Photo: The Smitten Image
Those of you who regularly enjoy Hilary's stunning photography over at The Smitten Image will probably recognize this cute character as Benny. As will reader's of Frank Baron's amusing blog Baron it All, where Benny makes frequent and hilarious appearances.
So... quick quiz. How does that photo make you feel?
a. Happy and Joyful about Life
c. Energized and Active
d. Suddenly Extremely Affectionate Towards All Living Things
e. Guilty and Uneasy
What?!!? Why is "e" even a choice? Who could possibly feel guilty and uneasy looking at such an adorable photo?
Er, Crabby McSlacker, that's who.
So what's that all about?
Well, first off, I did feel a, b, c, and d first before I settled into e. I'm human, after all.
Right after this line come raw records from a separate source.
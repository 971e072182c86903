//! Peeking at both ends of an iterator.
ghost use Rattle.std.specs.Prelude.{◌≡◌, ◌⊎◌, List, [], ◌∷◌, Option};
ghost use Rattle.std.specs.Prelude.{Some, None, option_map, refl};
ghost use Rattle.std.specs.Prelude.{IsNone, IfSome, IfNone, slice_get, true, false};
ghost use Rattle.std.specs.Iterator.{YieldsFirstBy, YieldsLastBy, item_count};
ghost use Rattle.std.specs.List.{last_or};
ghost use Rattle.std.specs.Option.{option_copied};
ghost use Rattle.std.specs.Fn.{FnOnceReturnsAt};
ghost use Rattle.std.specs.Slice.Iter.{iter_rest};
ghost use Rattle.std.specs.Vec.Iter.{into_iter_items};
ghost use Rattle.std.specs.Borrow.{sem, Lends};
ghost use Rattle.sst_base.specs.contracts.double_ended_peekable.DoubleEndedPeekable.{the_row};
ghost use Rattle.sst_base.specs.ListIterators.{slice_gives_first, slice_gives_last};
ghost use Rattle.sst_base.specs.ListIterators.{vec_gives_first, vec_gives_last};
ghost use Rattle.sst_base.specs.Peekable.{peekable_items, inner_of, peeked_front, peeked_back};
ghost use Rattle.sst_base.specs.Peekable.{with_inner, KeepsItems, LeavesBack, LeavesFront};

use std::alloc::Allocator;
use std::{slice, vec};

/// A double-ended iterator over a finite list, of which `next` takes the first item and `next_back`
/// the last. At the end of the list both return `None`, however often they are called.
pub trait ListIterator: DoubleEndedIterator {
    /// What clauses see of an item.
    type Value;

    // the value of an item of the iterator
    ghost value_of: { Self → Self.Item → Self.Value };

    // the values of the items left, front to back
    ghost items: { Self → List Self.Value };

    // `next` may always be called
    ghost may_next: { (s : Self) → Self.can_next s };

    // `next_back` may always be called
    ghost may_next_back: { (s : Self) → Self.can_next_back s };

    // `next` takes the first item, or there is none
    ghost gives_first: { (s : Self) (r : Option Self.Item) (t : Self)
        → Self.next_gives s r t → YieldsFirstBy (value_of s) items s r t };

    // `next_back` takes the last item, or there is none
    ghost gives_last: { (s : Self) (r : Option Self.Item) (t : Self)
        → Self.next_back_gives s r t → YieldsLastBy (value_of s) items s r t };

    // the value of an item stays as the iterator moves
    ghost keeps_values: { (s : Self) (r : Option Self.Item) (t : Self)
        → Self.next_gives s r t → value_of t ≡ value_of s };

    // also at the back
    ghost keeps_values_back: { (s : Self) (r : Option Self.Item) (t : Self)
        → Self.next_back_gives s r t → value_of t ≡ value_of s };
}

/// An iterator over a slice. Clauses see the elements that the references borrow.
impl<'a, T> ListIterator for slice::Iter<'a, T> {
    type Value = T;

    ghost value_of = { λ _ x. x.now };

    ghost items = { iter_rest };

    ghost may_next = { λ _. tt };

    ghost may_next_back = { λ _. tt };

    ghost gives_first = { slice_gives_first };

    ghost gives_last = { slice_gives_last };

    ghost keeps_values = { λ _ _ _ _. refl };

    ghost keeps_values_back = { λ _ _ _ _. refl };
}

/// An iterator that owns the elements of a vector.
impl<T: Drop, A: Allocator> ListIterator for vec::IntoIter<T, A> {
    type Value = T;

    ghost value_of = { λ _ x. x };

    ghost items = { into_iter_items };

    ghost may_next = { λ _. tt };

    ghost may_next_back = { λ _. tt };

    ghost gives_first = { vec_gives_first };

    ghost gives_last = { vec_gives_last };

    ghost keeps_values = { λ _ _ _ _. refl };

    ghost keeps_values_back = { λ _ _ _ _. refl };
}

/// Makes a [`DoubleEndedPeekable`] of each [`ListIterator`].
pub trait DoubleEndedPeekableExt: ListIterator {
    /// Wraps the iterator, with nothing peeked.
    fn double_ended_peekable(self) -> DoubleEndedPeekable<Self::Item, Self>
        ensures items { peekable_items Self.value_of Self.items result ≡ Self.items self }
        ensures inner { inner_of result ≡ self }
        ensures front { peeked_front result ≡ None }
        ensures back { peeked_back result ≡ None };
}

impl<I: ListIterator<Item: Drop>> DoubleEndedPeekableExt for I {
    fn double_ended_peekable(self) -> DoubleEndedPeekable<I::Item, I> {
        DoubleEndedPeekable {
            iter: self,
            front: None,
            back: None,
        }
    }
}

/// An iterator whose first and last item can be peeked at before they are taken. Clauses see the
/// items left: the peeked front item, if any, those of the inner iterator, and the peeked back
/// item, if any. No item is taken from the inner iterator before it is requested. That the inner
/// iterator ended is not remembered.
#[derive(Drop)]
pub struct DoubleEndedPeekable<T, I> {
    iter: I,
    front: Option<T>,
    back: Option<T>,
}

impl<T: Drop, I: ListIterator<Item = T>> DoubleEndedPeekable<T, I> {
    /// Returns the inner iterator. Peeked items stay.
    pub fn inner_mut(&mut self) -> &mut I
        ensures value { result.now ≡ inner_of self.old }
        ensures* writes_back { sem 𝓛 (Lends (the_row T.row I.row) I.row self.entry result
            (with_inner self.old)) }
    {
        &mut self.iter
    }

    /// Returns the first item, which stays.
    pub fn peek(&mut self) -> Option<&T>
        ensures first { option_map (I.value_of (inner_of self.old)) (option_copied result)
            ≡ slice_get (peekable_items I.value_of I.items self.old) 0 }
        ensures* same { sem 𝓛 (KeepsItems (the_row T.row I.row)
            (peekable_items I.value_of I.items) peeked_back self.entry) }
    {
        self.fill_front();
        self.first_peeked()
    }

    /// Returns the last item, which stays.
    pub fn peek_back(&mut self) -> Option<&T>
        ensures last { option_map (I.value_of (inner_of self.old)) (option_copied result)
            ≡ last_or None (peekable_items I.value_of I.items self.old) }
        ensures* same { sem 𝓛 (KeepsItems (the_row T.row I.row)
            (peekable_items I.value_of I.items) peeked_front self.entry) }
    {
        self.fill_back();
        self.last_peeked()
    }

    /// Takes and returns the first item if there is one and `func` returns true of it.
    pub fn next_if<F: FnOnce(&T) -> bool>(&mut self, func: F) -> Option<T>
        requires { F.IsAlwaysCallable func }
        ensures taken { IfSome result (λ x. peekable_items I.value_of I.items self.old
            ≡ I.value_of (inner_of self.old) x ∷ peekable_items I.value_of I.items self.new) }
        ensures accepted { IfSome result (λ x. FnOnceReturnsAt F.FnOnce func x true) }
        ensures same { IfNone result (peekable_items I.value_of I.items self.new
            ≡ peekable_items I.value_of I.items self.old) }
        ensures refused { IfNone result ((peekable_items I.value_of I.items self.old ≡ [])
            ⊎ ((x : T)
            × (slice_get (peekable_items I.value_of I.items self.old) 0
            ≡ Some (I.value_of (inner_of self.old) x))
            × FnOnceReturnsAt F.FnOnce func x false)) }
        ensures back { LeavesBack I.items self.old self.new }
    {
        let item = self.take_first()?;
        if func(&item) {
            return Some(item);
        }
        self.front = Some(item);
        None
    }

    // Peeks at the first item, unless one is peeked. At None the inner iterator is at its end.
    fn fill_front(&mut self)
        ensures same { peekable_items I.value_of I.items self.new
            ≡ peekable_items I.value_of I.items self.old }
        ensures filled { IsNone self.new.front → I.items self.new.iter ≡ [] }
        ensures values { I.value_of self.new.iter ≡ I.value_of self.old.iter }
        ensures back { self.new.back ≡ self.old.back }
    {
        if self.front.is_none() {
            self.front = self.iter.next();
        }
    }

    // Peeks at the last item, unless one is peeked. At None the inner iterator is at its end.
    fn fill_back(&mut self)
        ensures same { peekable_items I.value_of I.items self.new
            ≡ peekable_items I.value_of I.items self.old }
        ensures filled { IsNone self.new.back → I.items self.new.iter ≡ [] }
        ensures values { I.value_of self.new.iter ≡ I.value_of self.old.iter }
        ensures front { self.new.front ≡ self.old.front }
    {
        if self.back.is_none() {
            self.back = self.iter.next_back();
        }
    }

    // The first item, once the front is filled.
    fn first_peeked(&self) -> Option<&T>
        requires { IsNone self.now.front → I.items self.now.iter ≡ [] }
        ensures { option_map (I.value_of (inner_of self.now)) (option_copied result)
            ≡ slice_get (peekable_items I.value_of I.items self.now) 0 }
    {
        match &self.front {
            Some(item) => Some(item),
            None => self.back.as_ref(),
        }
    }

    // The last item, once the back is filled.
    fn last_peeked(&self) -> Option<&T>
        requires { IsNone self.now.back → I.items self.now.iter ≡ [] }
        ensures { option_map (I.value_of (inner_of self.now)) (option_copied result)
            ≡ last_or None (peekable_items I.value_of I.items self.now) }
    {
        match &self.back {
            Some(item) => Some(item),
            None => self.front.as_ref(),
        }
    }

    // Takes the first item, after which none is peeked at the front.
    fn take_first(&mut self) -> Option<T>
        ensures first { YieldsFirstBy (I.value_of self.old.iter)
            (peekable_items I.value_of I.items) self.old result self.new }
        ensures unpeeked { self.new.front ≡ None }
        ensures values { I.value_of self.new.iter ≡ I.value_of self.old.iter }
        ensures back { LeavesBack I.items self.old self.new }
    {
        if let Some(item) = self.front.take() {
            return Some(item);
        }
        match self.iter.next() {
            Some(item) => Some(item),
            None => self.back.take(),
        }
    }

    // Takes the last item, after which none is peeked at the back.
    fn take_last(&mut self) -> Option<T>
        ensures last { YieldsLastBy (I.value_of self.old.iter) (peekable_items I.value_of I.items)
            self.old result self.new }
        ensures unpeeked { self.new.back ≡ None }
        ensures values { I.value_of self.new.iter ≡ I.value_of self.old.iter }
        ensures front { LeavesFront I.items self.old self.new }
    {
        if let Some(item) = self.back.take() {
            return Some(item);
        }
        match self.iter.next_back() {
            Some(item) => Some(item),
            None => self.front.take(),
        }
    }
}

/// Takes items from the front. The peeked back item stays, unless it is the last one left.
impl<T: Drop, I: ListIterator<Item = T>> Iterator for DoubleEndedPeekable<T, I> {
    type Item = T;

    ghost next_gives = { λ s r t. YieldsFirstBy (I.value_of (inner_of s))
        (peekable_items I.value_of I.items) s r t
        × (I.value_of (inner_of t) ≡ I.value_of (inner_of s))
        × (peeked_front t ≡ None) × LeavesBack I.items s t };

    ghost remaining = { item_count (peekable_items I.value_of I.items) };

    fn next(&mut self) -> Option<T> {
        self.take_first()
    }
}

/// Takes items from the back. The peeked front item stays, unless it is the last one left.
impl<T: Drop, I: ListIterator<Item = T>> DoubleEndedIterator for DoubleEndedPeekable<T, I> {
    ghost next_back_gives = { λ s r t. YieldsLastBy (I.value_of (inner_of s))
        (peekable_items I.value_of I.items) s r t
        × (I.value_of (inner_of t) ≡ I.value_of (inner_of s))
        × (peeked_back t ≡ None) × LeavesFront I.items s t };

    fn next_back(&mut self) -> Option<T> {
        self.take_last()
    }
}

/// The items left, so that a peekable iterator may be wrapped again.
impl<T: Drop, I: ListIterator<Item = T>> ListIterator for DoubleEndedPeekable<T, I> {
    type Value = I::Value;

    ghost value_of = { λ p. I.value_of (inner_of p) };

    ghost items = { peekable_items I.value_of I.items };

    ghost may_next = { λ _. tt };

    ghost may_next_back = { λ _. tt };

    ghost gives_first = { λ s r t h. h.0 };

    ghost gives_last = { λ s r t h. h.0 };

    ghost keeps_values = { λ s r t h. h.1 };

    ghost keeps_values_back = { λ s r t h. h.1 };
}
But if I could capture the weirdness that went on in my head when I looked at that picture, it would go something like this:
Oh, I love that picture, that doggy is so cute!
He's having a great time with that ball.
Because he's playing. It's a game! That looks fun!
Dogs like games.
Hey, you used to like games too!
Remember, Crabby, you would play lots of outdoor running-around games when you were a kid? They're called "sports."
Sports are great exercise.
Remember soccer? You liked soccer.
You get credit for doing cardio and even intervals when you're playing soccer! And it's way more fun than the treadmill.
You are always talking about how much you hate going to the gym.
Hey, why don't you ever look for a chance to play soccer or tennis or dodgeball or something fun instead of going to the gym you hate?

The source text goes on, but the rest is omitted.